Data excerpts
##############################

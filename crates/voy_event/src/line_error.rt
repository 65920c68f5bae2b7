ghost use Rattle.std.specs.Prelude.{◌≡◌};
ghost use Rattle.voy_event.specs.Refusal.{text_of_why};

use std::alloc::AllocError;

/// Why a line was not read.
#[derive(Clone, Copy, Debug, PartialEq, Eq)]
pub enum LineError {
    /// The line has no reading, for this cause.
    Bad(LineWhy),
    NoMemory,
}

/// Why a line has no reading, the first cause that holds. The causes are tried in the order in which
/// they stand here, but for the length of row texts, which is tried last.
#[derive(Clone, Copy, Debug, PartialEq, Eq)]
pub enum LineWhy {
    /// The line has more bytes than its kind may have, or a row's text has.
    TooLong,
    /// The bytes are no JSON object.
    NotJson,
    /// There is no `op`, or it is none of the words of its kind of line.
    BadOp,
    /// A name that the op asks for is absent.
    Missing,
    /// There is a name that the op lacks, the table names name no table, or an object of column values
    /// has a name that is no column of the table.
    Unknown,
    /// Any other rule is broken.
    BadValue,
}

impl LineWhy {
    /// The words for the cause. Those for `TooLong` are never printed: a limit has a text of its own.
    pub fn text(self) -> &'static str
        ensures { result.now ≡ text_of_why self }
    {
        match self {
            LineWhy::TooLong => "too long",
            LineWhy::NotJson => "not json",
            LineWhy::BadOp => "bad op",
            LineWhy::Missing => "missing name",
            LineWhy::Unknown => "unknown name",
            LineWhy::BadValue => "bad value",
        }
    }
}

impl From<AllocError> for LineError {
    ghost use Rattle.std.specs.Prelude.{◌≡◌};
    ghost use Rattle.voy_event.specs.declared.line_error.LineError.TheVariants.{NoMemory};

    ghost from_gives = { λ _ error. error ≡ NoMemory };

    fn from(_refused: AllocError) -> LineError {
        LineError::NoMemory
    }
}

impl From<LineWhy> for LineError {
    ghost use Rattle.std.specs.Prelude.{◌≡◌};
    ghost use Rattle.voy_event.specs.declared.line_error.LineError.TheVariants.{Bad};

    ghost from_gives = { λ why error. error ≡ Bad why };

    fn from(why: LineWhy) -> LineError {
        LineError::Bad(why)
    }
}
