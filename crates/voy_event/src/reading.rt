ghost use Rattle.std.specs.Prelude.{◌≡◌, IfErr, IfOk};
ghost use Rattle.std.specs.Str.{bytes_eq};
ghost use Rattle.voy_schema.specs.Refusal.{Refuses};
ghost use Rattle.voy_event.specs.CanonicalLine.{canonical_reading};
ghost use Rattle.voy_event.specs.EventLine.{line_reading};
ghost use Rattle.voy_event.specs.LawfulEvent.{IsLawful, IsWritable};
ghost use Rattle.voy_event.specs.LineText.{line_text};
ghost use Rattle.voy_event.specs.Refusal.{cause_of};

use crate::at_once::read_at_once;
use crate::event::Event;
use crate::event_line::read_by_rules;
use crate::line_error::LineError;
use crate::line_text::write_line;
use std::alloc::{AllocError, Global};
use voy_schema::{Bytes, Schema};

/// The event that a line states, given without its LF. Of a name that an object gives twice the last
/// counts, and names may come in any order.
///
/// A line without a reading is `Bad` with the first cause that holds, in the order of [`LineWhy`].
pub fn read_line(alloc: Global, schema: &Schema, bytes: &[u8]) -> Result<Event, LineError>
    ensures ok { IfOk result (λ event. line_reading schema.now.tables bytes.now ≡ Ok event) }
    ensures err { IfErr result (Refuses cause_of (line_reading schema.now.tables bytes.now)) }
    ensures lawful { IfOk result (IsLawful schema.now.tables) }
{
    match read_at_once(alloc, schema, bytes)? {
        Some(event) => Ok(event),
        None => read_by_rules(alloc, schema, bytes),
    }
}

/// The event whose canonical line this is, given without its LF. `None` where it is no canonical line.
pub fn read_canonical(
    alloc: Global,
    schema: &Schema,
    line: &[u8],
) -> Result<Option<Event>, AllocError>
    ensures { IfOk result (λ found. found ≡ canonical_reading schema.now.tables line.now) }
{
    match read_at_once(alloc, schema, line)? {
        Some(event) => Ok(Some(event)),
        None => read_and_compare(alloc, schema, line),
    }
}

fn read_and_compare(
    alloc: Global,
    schema: &Schema,
    line: &[u8],
) -> Result<Option<Event>, AllocError>
    ensures { IfOk result (λ found. found ≡ canonical_reading schema.now.tables line.now) }
{
    match read_by_rules(alloc, schema, line) {
        Ok(event) => {
            if is_written_as(alloc, schema, &event, line)? {
                Ok(Some(event))
            } else {
                Ok(None)
            }
        }
        Err(LineError::Bad(_)) => Ok(None),
        Err(LineError::NoMemory) => Err(AllocError),
    }
}

/// Whether `line` is the canonical line of the event.
fn is_written_as(
    alloc: Global,
    schema: &Schema,
    event: &Event,
    line: &[u8],
) -> Result<bool, AllocError>
    requires { IsWritable schema.now.tables event.now }
    ensures { IfOk result (λ b. b ≡ bytes_eq (line_text schema.now.tables event.now) line.now) }
{
    let mut canonical = Bytes::new(alloc);
    write_line(alloc, schema, event, &mut canonical)?;
    Ok(canonical.as_slice() == line)
}
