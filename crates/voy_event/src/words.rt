ghost use Rattle.std.specs.Prelude.{◌≡◌};
ghost use Rattle.serde_json.specs.View.{view};
ghost use Rattle.voy_event.specs.Words.{change_op, event_kind, kind_of_text, number_at, op_of_text, role_at, role_of_text, text_of_role};

use serde_json::Value as Json;
use voy_json::text_at;
use voy_tables::Role;

/// What a change line says was done to its row.
#[derive(Clone, Copy, Debug, PartialEq, Eq)]
pub(crate) enum Op {
    Insert,
    Update,
    Delete,
}

/// What an event line is, by its `op`.
#[derive(Clone, Copy, Debug, PartialEq, Eq)]
pub(crate) enum EventKind {
    Change(Op),
    CutoverTarget,
    CutoverSource,
}

#[tactic(auto, unfolding(crate::specs::Words::op_of_text))]
pub(crate) fn op_of_text(text: &str) -> Option<Op>
    ensures { result ≡ op_of_text text.now }
{
    match text {
        "c" => Some(Op::Insert),
        "u" => Some(Op::Update),
        "d" => Some(Op::Delete),
        _ => None,
    }
}

#[tactic(auto, unfolding(crate::specs::Words::kind_of_text))]
pub(crate) fn kind_of_text(text: &str) -> Option<EventKind>
    ensures { result ≡ kind_of_text text.now }
{
    match text {
        "cutover.target" => Some(EventKind::CutoverTarget),
        "cutover.source" => Some(EventKind::CutoverSource),
        _ => op_of_text(text).map(EventKind::Change),
    }
}

#[tactic(auto, unfolding(crate::specs::Words::role_of_text))]
pub(crate) fn role_of_text(text: &str) -> Option<Role>
    ensures { result ≡ role_of_text text.now }
{
    match text {
        "source_db_exporter" => Some(Role::Source),
        "target_db_exporter_fb" => Some(Role::Target),
        _ => None,
    }
}

#[tactic(auto, unfolding(crate::specs::Words::text_of_role))]
pub(crate) fn text_of_role(role: Role) -> &'static str
    ensures { result.now ≡ text_of_role role }
{
    match role {
        Role::Source => "source_db_exporter",
        Role::Target => "target_db_exporter_fb",
    }
}

/// The whole number at this name of the line, written without fraction and exponent.
pub(crate) fn number_at(line: &Json, name: &str) -> Option<u64>
    ensures { result ≡ number_at name.now (view line.now) }
{
    line.get(name).and_then(Json::as_u64)
}

/// What an event line is, by its `op`.
pub(crate) fn event_kind(line: &Json) -> Option<EventKind>
    ensures { result ≡ event_kind (view line.now) }
{
    text_at(line, "op").and_then(kind_of_text)
}

/// What a change line does, by its `op`.
pub(crate) fn change_op(line: &Json) -> Option<Op>
    ensures { result ≡ change_op (view line.now) }
{
    text_at(line, "op").and_then(op_of_text)
}

/// The exporter that an event line names.
pub(crate) fn role_at(line: &Json) -> Option<Role>
    ensures { result ≡ role_at (view line.now) }
{
    text_at(line, "exporter_role").and_then(role_of_text)
}
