use std::alloc::AllocError;
use voy_schema::{Copies, Items};
use voy_tables::{Change, Role};

/// An event of the queue.
#[derive(Debug, Drop)]
pub struct Event {
    /// Its number in the whole queue, from 1.
    pub vsn: u64,
    /// The exporter that wrote it. A cutover to the target has `Source`, one to the source `Target`.
    pub role: Role,
    pub what: What,
}

/// Events, in the order of their numbers where no other is stated.
pub type Events = Items<Event>;

/// What an event says.
#[derive(Debug, Drop)]
pub enum What {
    Change(Change),
    /// The last event of the source part.
    CutoverTarget,
    /// The last event of the target part.
    CutoverSource,
}

impl Copies for Event {
    fn copy(&self) -> Result<Self, AllocError> {
        let what = self.what.copy()?;
        Ok(Event {
            vsn: self.vsn,
            role: self.role,
            what,
        })
    }
}

impl Copies for What {
    fn copy(&self) -> Result<Self, AllocError> {
        match self {
            What::Change(change) => Ok(What::Change(change.copy()?)),
            What::CutoverTarget => Ok(What::CutoverTarget),
            What::CutoverSource => Ok(What::CutoverSource),
        }
    }
}
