//! Event lines of the queue and recorded change lines: what they say, and the text that says it.
//!
//! [`read_line`] reads an event line by the schema and [`write_line`] writes one; [`read_canonical`] takes
//! just the lines that are written so, and [`read_change`] reads a line of a recording. A line is a JSON
//! object. Which bytes are which event, and which refusal comes
//! first where they are none, is one definition, `line_reading` of `specs/EventLine.antt`; for recorded
//! lines it is `recorded_line_reading` of `specs/RecordedLine.antt`. Both share the rules on changes of
//! `specs/ChangeLine.antt`. What was read is lawful for the schema (`IsLawful`).
//!
//! The text that is written is `line_text` of `specs/LineText.antt`: compact, with the names of every
//! object in byte order. [`events_read_back`] is the law that it reads back as the same event. Such a line
//! with a change is read at once (`at_once`): the event is guessed (`guessing`), and then its text is
//! compared with the line (`same_line`). Any other line is read by way of a JSON document (`event_line`).
#![tactic(auto)]

mod at_once;
mod behind;
mod by_name;
mod change_line;
mod event;
mod event_line;
mod fields;
mod guessing;
mod laws;
mod limits;
mod line_error;
mod line_text;
mod reading;
mod recorded;
mod recorded_line;
mod same_line;
mod words;

pub use event::{Event, Events, What};
pub use laws::{events_read_back, lines_stand_in_segments};
pub use limits::{CLOSING_LINE, MAX_EVENT_LINE_BYTES, MAX_RECORDED_LINE_BYTES, is_closing_line};
pub use line_error::{LineError, LineWhy};
pub use line_text::write_line;
pub use reading::{read_canonical, read_line};
pub use recorded::Recorded;
pub use recorded_line::read_change;
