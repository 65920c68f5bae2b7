ghost use Rattle.std.specs.Prelude.{◌≡◌};
ghost use Rattle.std.specs.Str.{bytes_eq};
ghost use Rattle.voy_event.specs.Events.{closing_line};

/// The most bytes that an event line may have, without its LF; a longer one is refused as `TooLong`.
pub const MAX_EVENT_LINE_BYTES: usize = 4_195_328;

/// The most bytes that a recorded change line may have, without its LF; a longer one is refused as `TooLong`.
pub const MAX_RECORDED_LINE_BYTES: usize = 4_194_304;

/// The line that closes a segment, without its LF. No event has it.
pub const CLOSING_LINE: &[u8] = b"\\.";

/// Whether the line, without its LF, closes a segment.
#[tactic(auto, unfolding(crate::specs::Events::closing_line))]
pub fn is_closing_line(line: &[u8]) -> bool
    ensures { result ≡ bytes_eq line.now closing_line }
{
    line == CLOSING_LINE
}
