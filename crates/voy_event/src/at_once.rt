ghost use Rattle.std.specs.Prelude.{◌≡◌, ◌≤◌, Some, length, slice_get, true, IfOk, IfSome};
ghost use Rattle.voy_schema.specs.Lawful.{is_lawful_table};
ghost use Rattle.voy_event.specs.EventLine.{max_event_line_bytes};
ghost use Rattle.voy_event.specs.LawfulEvent.{IsLawful};
ghost use Rattle.voy_event.specs.LineText.{line_text};

use crate::by_name::Order;
use crate::change_line::has_long_row;
use crate::event::{Event, What};
use crate::guessing::{Guess, guess_change, guess_end};
use crate::limits::MAX_EVENT_LINE_BYTES;
use crate::same_line::is_line_of;
use std::alloc::{AllocError, Global};
use voy_schema::{Schema, Table};
use voy_tables::well_formed;

/// The event with a change whose canonical line this is. Its parts are guessed by their places, and what comes of
/// them is compared with the whole line. `None` where that fails, which says nothing of the line.
pub(crate) fn read_at_once(
    alloc: Global,
    schema: &Schema,
    line: &[u8],
) -> Result<Option<Event>, AllocError>
    ensures same { IfOk result (λ found. IfSome found (λ e. line_text schema.now.tables e ≡ line.now)) }
    ensures lawful { IfOk result (λ found. IfSome found (IsLawful schema.now.tables)) }
    ensures short { IfOk result (λ found. IfSome found (λ _. length line.now ≤ max_event_line_bytes)) }
{
    if line.len() > MAX_EVENT_LINE_BYTES {
        return Ok(None);
    }
    let Some(end) = guess_end(line) else {
        return Ok(None);
    };
    let Some(place) = schema.find(end.schema_name, end.table_name) else {
        return Ok(None);
    };
    match schema.table(place as usize) {
        Some(table) => read_of_table(alloc, schema, place, table, end.vsn, line),
        None => Ok(None),
    }
}

/// The same where the line's end names this table, at this place, and the vsn.
fn read_of_table(
    alloc: Global,
    schema: &Schema,
    place: u32,
    table: &Table,
    vsn: u64,
    line: &[u8],
) -> Result<Option<Event>, AllocError>
    requires there { slice_get schema.now.tables place ≡ Some table.now }
    requires lawful { is_lawful_table table.now ≡ true }
    ensures same { IfOk result (λ found. IfSome found (λ e. line_text schema.now.tables e ≡ line.now)) }
    ensures lawful { IfOk result (λ found. IfSome found (IsLawful schema.now.tables)) }
{
    let order = Order::of(alloc, table)?;
    let Some(guess) = guess_change(alloc, place, order.row.as_slice(), line)? else {
        return Ok(None);
    };
    let Guess { role, change } = guess;
    if vsn == 0 || has_long_row(&change) || !well_formed(schema, &change) {
        return Ok(None);
    }
    if !is_line_of(table, &order, vsn, role, &change, line) {
        return Ok(None);
    }
    Ok(Some(Event {
        vsn,
        role,
        what: What::Change(change),
    }))
}
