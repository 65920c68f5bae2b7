ghost use Rattle.std.specs.Prelude.{◌≡◌, ◌<◌, IfOk, IfSome};
ghost use Rattle.voy_tables.specs.Changes.{table_of};

use std::alloc::{AllocError, Global};
use voy_schema::{Bytes, Row, Text, Value};
use voy_tables::{Change, Role};

/// What the front of a line seems to say. Nothing here is proved of it: only a comparison with the line tells.
#[derive(Drop)]
pub(crate) struct Guess {
    pub(crate) role: Role,
    pub(crate) change: Change,
}

/// What the end of a line seems to say.
#[derive(Clone, Copy)]
pub(crate) struct End<'a> {
    pub(crate) schema_name: &'a str,
    pub(crate) table_name: &'a str,
    pub(crate) vsn: u64,
}

/// What stands on both sides of a byte.
#[derive(Clone, Copy)]
struct Sides<'a> {
    front: &'a [u8],
    back: &'a [u8],
}

/// What is left of a line that is looked through from its front.
#[derive(Drop)]
struct Scan<'a> {
    rest: &'a [u8],
}

impl<'a> Scan<'a> {
    /// Goes on behind the next colon, where there is one.
    fn pass_colon(&mut self) {
        if let Some(at) = self.rest.iter().position(|byte| *byte == b':') {
            self.rest = &self.rest[at + 1..];
        }
    }
}

/// The table names and the vsn at the end of a canonical line.
pub(crate) fn guess_end(line: &[u8]) -> Option<End<'_>> {
    let number = sides_of_last(line.strip_suffix(b"}")?, b':')?;
    let table = sides_of_last(number.front.strip_suffix(b"\",\"vsn\"")?, b'"')?;
    let schema = sides_of_last(table.front.strip_suffix(b"\",\"table_name\":")?, b'"')?;
    Some(End {
        schema_name: str::from_utf8(schema.back).ok()?,
        table_name: str::from_utf8(table.back).ok()?,
        vsn: str::from_utf8(number.back).ok()?.parse().ok()?,
    })
}

fn sides_of_last(line: &[u8], byte: u8) -> Option<Sides<'_>> {
    let at = line.iter().rposition(|there| *there == byte)?;
    Some(Sides {
        front: &line[..at],
        back: &line[at + 1..],
    })
}

/// The exporter and the change of a canonical line, whose table is the one at `table` and has its columns at
/// these places by ascending name.
pub(crate) fn guess_change(
    alloc: Global,
    table: u32,
    places: &[u32],
    line: &[u8],
) -> Result<Option<Guess>, AllocError>
    ensures { IfOk result (λ found. IfSome found (λ guess. table_of guess.change ≡ table)) }
{
    let mut scan = Scan { rest: line };
    scan.pass_colon();
    let before = guess_row(alloc, places, &mut scan)?;
    scan.pass_colon();
    let role = guess_role(&scan);
    scan.pass_colon();
    let after = guess_row(alloc, places, &mut scan)?;
    let Some(change) = change_between(table, before, after) else {
        return Ok(None);
    };
    Ok(Some(Guess { role, change }))
}

fn guess_role(scan: &Scan) -> Role {
    if scan.rest.starts_with(b"\"source_db_exporter\"") {
        Role::Source
    } else {
        Role::Target
    }
}

fn change_between(table: u32, before: Option<Row>, after: Option<Row>) -> Option<Change>
    ensures { IfSome result (λ change. table_of change ≡ table) }
{
    match (before, after) {
        (None, Some(after)) => Some(Change::Insert { table, after }),
        (Some(before), Some(after)) => Some(Change::Update {
            table,
            before,
            after,
        }),
        (Some(before), None) => Some(Change::Delete { table, before }),
        (None, None) => None,
    }
}

/// The row whose object stands in front. Nothing where it is null.
fn guess_row(
    alloc: Global,
    places: &[u32],
    scan: &mut Scan<'_>,
) -> Result<Option<Row>, AllocError> {
    if !scan.rest.starts_with(b"{") {
        return Ok(None);
    }
    let mut row = nulls(alloc, places.len())?;
    for place in places {
        scan.pass_colon();
        let Some(value) = guess_value(alloc, scan)? else {
            return Ok(None);
        };
        let at = *place as usize;
        if at < row.len() {
            row.replace(at, value);
        }
    }
    Ok(Some(row))
}

fn nulls(alloc: Global, count: usize) -> Result<Row, AllocError> {
    let mut row = Row::with_capacity(alloc, count)?;
    for _ in 0..count {
        row.push(Value::Null)?;
    }
    Ok(row)
}

fn guess_value(alloc: Global, scan: &mut Scan<'_>) -> Result<Option<Value>, AllocError> {
    if scan.rest.starts_with(b"null") {
        return Ok(Some(Value::Null));
    }
    match guess_text(alloc, scan)? {
        Some(text) => Ok(Some(Value::Text(text))),
        None => Ok(None),
    }
}

/// The text of the JSON string in front, which is passed over.
fn guess_text(alloc: Global, scan: &mut Scan<'_>) -> Result<Option<Text>, AllocError> {
    let [b'"', inside @ ..] = scan.rest else {
        return Ok(None);
    };
    let Some(end) = inside.iter().position(|byte| ends_plain_text(*byte)) else {
        return Ok(None);
    };
    if inside[end] == b'\\' {
        return guess_escaped_text(alloc, inside, scan);
    }
    scan.rest = &inside[end + 1..];
    text_of(alloc, &inside[..end])
}

fn ends_plain_text(byte: u8) -> bool {
    matches!(byte, b'"' | b'\\')
}

fn text_of(alloc: Global, bytes: &[u8]) -> Result<Option<Text>, AllocError> {
    match str::from_utf8(bytes) {
        Ok(text) => Ok(Some(Text::from_str(alloc, text)?)),
        Err(_) => Ok(None),
    }
}

/// The same of a string that has escapes, from behind its opening quote.
fn guess_escaped_text<'a>(
    alloc: Global,
    inside: &'a [u8],
    scan: &mut Scan<'a>,
) -> Result<Option<Text>, AllocError> {
    let mut text = Bytes::new(alloc);
    let mut rest = inside;
    for _ in 0..inside.len() {
        match rest {
            [] => return Ok(None),
            [b'"', behind @ ..] => {
                scan.rest = behind;
                return text_of(alloc, text.as_slice());
            }
            [b'\\', b'u', _, _, high, low, behind @ ..] => {
                text.push(value_of_digit(*high) * 16 + value_of_digit(*low))?;
                rest = behind;
            }
            [b'\\', letter, behind @ ..] => {
                text.push(byte_of_letter(*letter))?;
                rest = behind;
            }
            [byte, behind @ ..] => {
                text.push(*byte)?;
                rest = behind;
            }
        }
    }
    Ok(None)
}

fn value_of_digit(digit: u8) -> u8
    ensures { result < 16 }
{
    match digit {
        b'0'..=b'9' => digit - b'0',
        b'a'..=b'f' => digit - b'a' + 10,
        _ => 0,
    }
}

/// The byte that the letter behind a backslash stands for.
fn byte_of_letter(letter: u8) -> u8 {
    match letter {
        b'b' => 8,
        b'f' => 12,
        b'n' => b'\n',
        b'r' => b'\r',
        b't' => b'\t',
        _ => letter,
    }
}
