/// Puts a record.
fn put_entry<D: Disk>(export: &mut D, meta: &mut Meta, entry: MetaRecord) -> Result<(), ExportError>
    requires kind { IsSnapshotRecord entry }
    requires live { IsTrue (meta_live meta.old) }
    requires stands { MetaStands meta.old (D.files export.old) }
    requires allowed { IsTrue (is_allowed (meta_state meta.old) entry) }
    ensures all { DoesAll AddsRecords (entry ∷ []) result (ImagesOf (D.files export.old)) (ImagesOf (D.files export.new)) }
    ensures state { OnOk result (meta_state meta.new ≡ after_record (meta_state meta.old) entry) }
    ensures adds { OnOk result (AddsSnapshotRecords (meta_state meta.old) (meta_state meta.new)) }
    ensures stands { OnOk result (MetaStands meta.new (D.files export.new)) }
    ensures live { OnOk result (IsTrue (meta_live meta.new)) }
    ensures prefix { LeavesPrefix AddsRecords (entry ∷ []) (ImagesOf (D.files export.old)) (ImagesOf (D.files export.new)) }
    ensures others { Change (KeepsOtherFiles meta_name) (D.files export.old) (D.files export.new) }
    ensures told { StaysTold (ImagesOf (D.files export.old)) (ImagesOf (D.files export.new)) }
    ensures lender { D.lender export.new ≡ D.lender export.old }
    ensures cause { HasCause (ExportError.Fault Which.Export) (D.faults export.old) (D.faults export.new) result }
    ensures no_recording { IfErr result (λ error. error ≢ ExportError.Fault Which.Recording) }
    ensures unnamed { IfErr result IsUnnamed }
{
    match meta.put(export, entry) {
        Ok(()) => Ok(()),
        Err(MetaError::Fault) => Err(ExportError::Fault(Which::Export)),
        Err(MetaError::NoMemory) => Err(ExportError::NoMemory),
        Err(MetaError::Damaged { .. }) => unreachable!(),
    }
}

/// Exports the table of this number, which is the next one, and answers the bytes of its recorded file and of those in front of it.
fn export_table<D: Disk>(
    alloc: Global,
    schema: &Schema,
    recording: &mut D,
    export: &mut D,
    meta: &mut Meta,
    number: usize,
    sum: u64,
) -> Result<u64, ExportError>
    requires within { number < length schema.now.tables }
    requires few { sum ≤ MAX_CSV_BYTES }
    requires live { IsTrue (meta_live meta.old) }
    requires stands { MetaStands meta.old (D.files export.old) }
    requires next { length (meta_state meta.old).snapshots ≡ number }
    requires tables { (meta_state meta.old).snapshots ≢ [] → (meta_state meta.old).tables ≡ length schema.now.tables }
    ensures turns { IfTold (D.files recording.old) (λ fs.
        Turns schema.now.tables (now_image fs) number sum result (meta_state meta.old) (meta_state meta.new) (D.files export.old) (D.files export.new)) }
    ensures adds { AtEnd result (AddsSnapshotRecords (meta_state meta.old) (meta_state meta.new)) }
    ensures few { IfOk result (λ next. next ≤ MAX_CSV_BYTES) }
    ensures counts { OnOk result (length (meta_state meta.new).snapshots ≡ number + 1) }
    ensures tables { AtEnd result ((meta_state meta.new).snapshots ≢ [] → (meta_state meta.new).tables ≡ length schema.now.tables) }
    ensures live { AtEnd result (IsTrue (meta_live meta.new)) }
    ensures stands { AtEnd result (MetaStands meta.new (D.files export.new)) }
    ensures others { Change (KeepsBeside (OneOf (meta_name ∷ snapshot_files schema.now.tables))) (D.files export.old) (D.files export.new) }
    ensures told { StaysTold (ImagesOf (D.files export.old)) (ImagesOf (D.files export.new)) }
    ensures same { D.files recording.new ≡ D.files recording.old }
    ensures lender_recording { D.lender recording.new ≡ D.lender recording.old }
    ensures lender_export { D.lender export.new ≡ D.lender export.old }
    ensures cause_recording { HasCause (ExportError.Fault Which.Recording) (D.faults recording.old) (D.faults recording.new) result }
    ensures cause_export { HasCause (ExportError.Fault Which.Export) (D.faults export.old) (D.faults export.new) result }
{
    let Recorded { rows, sum } = read_table(
        alloc,
        recording,
        &schema.tables.as_slice()[number],
        sum,
    )?;
    write_snapshot(alloc, schema, export, meta, number, rows.as_slice())?;
    Ok(sum)
}

/// The turn of the table of this number: one that is recorded is counted, and another is the next one and is exported.
pub(crate) fn take_table<D: Disk>(
    alloc: Global,
    schema: &Schema,
    recording: &mut D,
    export: &mut D,
    meta: &mut Meta,
    number: usize,
    sum: u64,
) -> Result<u64, ExportError>
    requires within { number < length schema.now.tables }
    requires few { sum ≤ MAX_CSV_BYTES }
    requires live { IsTrue (meta_live meta.old) }
    requires stands { MetaStands meta.old (D.files export.old) }
    requires recorded { number ≤ length (meta_state meta.old).snapshots }
    requires tables { (meta_state meta.old).snapshots ≢ [] → (meta_state meta.old).tables ≡ length schema.now.tables }
    ensures turns { IfTold (D.files recording.old) (λ fs.
        Turns schema.now.tables (now_image fs) number sum result (meta_state meta.old) (meta_state meta.new) (D.files export.old) (D.files export.new)) }
    ensures adds { AtEnd result (AddsSnapshotRecords (meta_state meta.old) (meta_state meta.new)) }
    ensures few { IfOk result (λ next. next ≤ MAX_CSV_BYTES) }
    ensures recorded { OnOk result (number + 1 ≤ length (meta_state meta.new).snapshots) }
    ensures whole { OnOk result (length (meta_state meta.old).snapshots ≤ length schema.now.tables → length (meta_state meta.new).snapshots ≤ length schema.now.tables) }
    ensures tables { AtEnd result ((meta_state meta.new).snapshots ≢ [] → (meta_state meta.new).tables ≡ length schema.now.tables) }
    ensures live { AtEnd result (IsTrue (meta_live meta.new)) }
    ensures stands { AtEnd result (MetaStands meta.new (D.files export.new)) }
    ensures others { Change (KeepsBeside (OneOf (meta_name ∷ snapshot_files schema.now.tables))) (D.files export.old) (D.files export.new) }
    ensures told { StaysTold (ImagesOf (D.files export.old)) (ImagesOf (D.files export.new)) }
    ensures same { D.files recording.new ≡ D.files recording.old }
    ensures lender_recording { D.lender recording.new ≡ D.lender recording.old }
    ensures lender_export { D.lender export.new ≡ D.lender export.old }
    ensures cause_recording { HasCause (ExportError.Fault Which.Recording) (D.faults recording.old) (D.faults recording.new) result }
    ensures cause_export { HasCause (ExportError.Fault Which.Export) (D.faults export.old) (D.faults export.new) result }
{
    if is_recorded(meta, number) {
        count_table(alloc, recording, &schema.tables.as_slice()[number], sum)
    } else {
        export_table(alloc, schema, recording, export, meta, number, sum)
    }
}

/// Whether the snapshot of the table of this number is recorded.
fn is_recorded(meta: &Meta, number: usize) -> bool
    ensures { result ≡ nat_lt number (length (meta_state meta.now).snapshots) }
{
    number < meta.state().snapshots.len()
}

##############################

_Task to complete_:
Extract from the records above the lines from the one containing "Ok(Some(row))" to the one containing "fn guess_value(alloc: Global, scan: &mut", both lines included, exactly as they appear and with nothing else.

_Problem solution_:
    Ok(Some(row))
}

fn nulls(alloc: Global, count: usize) -> Result<Row, AllocError> {
    let mut row = Row::with_capacity(alloc, count)?;
    for _ in 0..count {
        row.push(Value::Null)?;
    }
    Ok(row)
}

fn guess_value(alloc: Global, scan: &mut Scan<'_>) -> Result<Option<Value>, AllocError> {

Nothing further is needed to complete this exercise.